PROBLEM DESCRIPTION: Lines with the word "true": copy all of them from the entries below.

INFORMATION:
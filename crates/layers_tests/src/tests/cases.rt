//! How tests assert: the cases of a table, the steps of a script, and facts.
ghost use Rattle.std.specs.Prelude.{◌≡◌, true};

use std::alloc::Global;
use std::process::Abort;

/// A case of a table.
pub(crate) trait Case {
    /// Whether it is as it says.
    fn holds(&self, alloc: Global) -> bool;
}

/// Asserts that each case is as it says.
pub(crate) fn all_hold<C: Case>(rt: &impl Abort, alloc: Global, cases: &[C]) {
    for (k, case) in cases.iter().enumerate() {
        assert!(rt; case.holds(alloc), "case {k}");
    }
}

/// Asserts that no step of a script is the first that differs.
pub(crate) fn none_differs(rt: &impl Abort, script: usize, first: Option<usize>) {
    let step = first.unwrap_or(0);
    assert!(rt; first.is_none(), "script {script}, step {step}");
}

/// Whether all bytes are this one.
pub(crate) fn are_all(bytes: &[u8], byte: u8) -> bool {
    for one in bytes {
        if *one != byte {
            return false;
        }
    }
    true
}

/// Asserts that something is so.
pub(crate) fn must(rt: &impl Abort, holds: bool, what: &str)
    ensures { holds ≡ true }
{
    assert!(rt; holds, "{what}");
}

RESPONSE:
ghost use Rattle.std.specs.Prelude.{◌≡◌, true};
    true
    ensures { holds ≡ true }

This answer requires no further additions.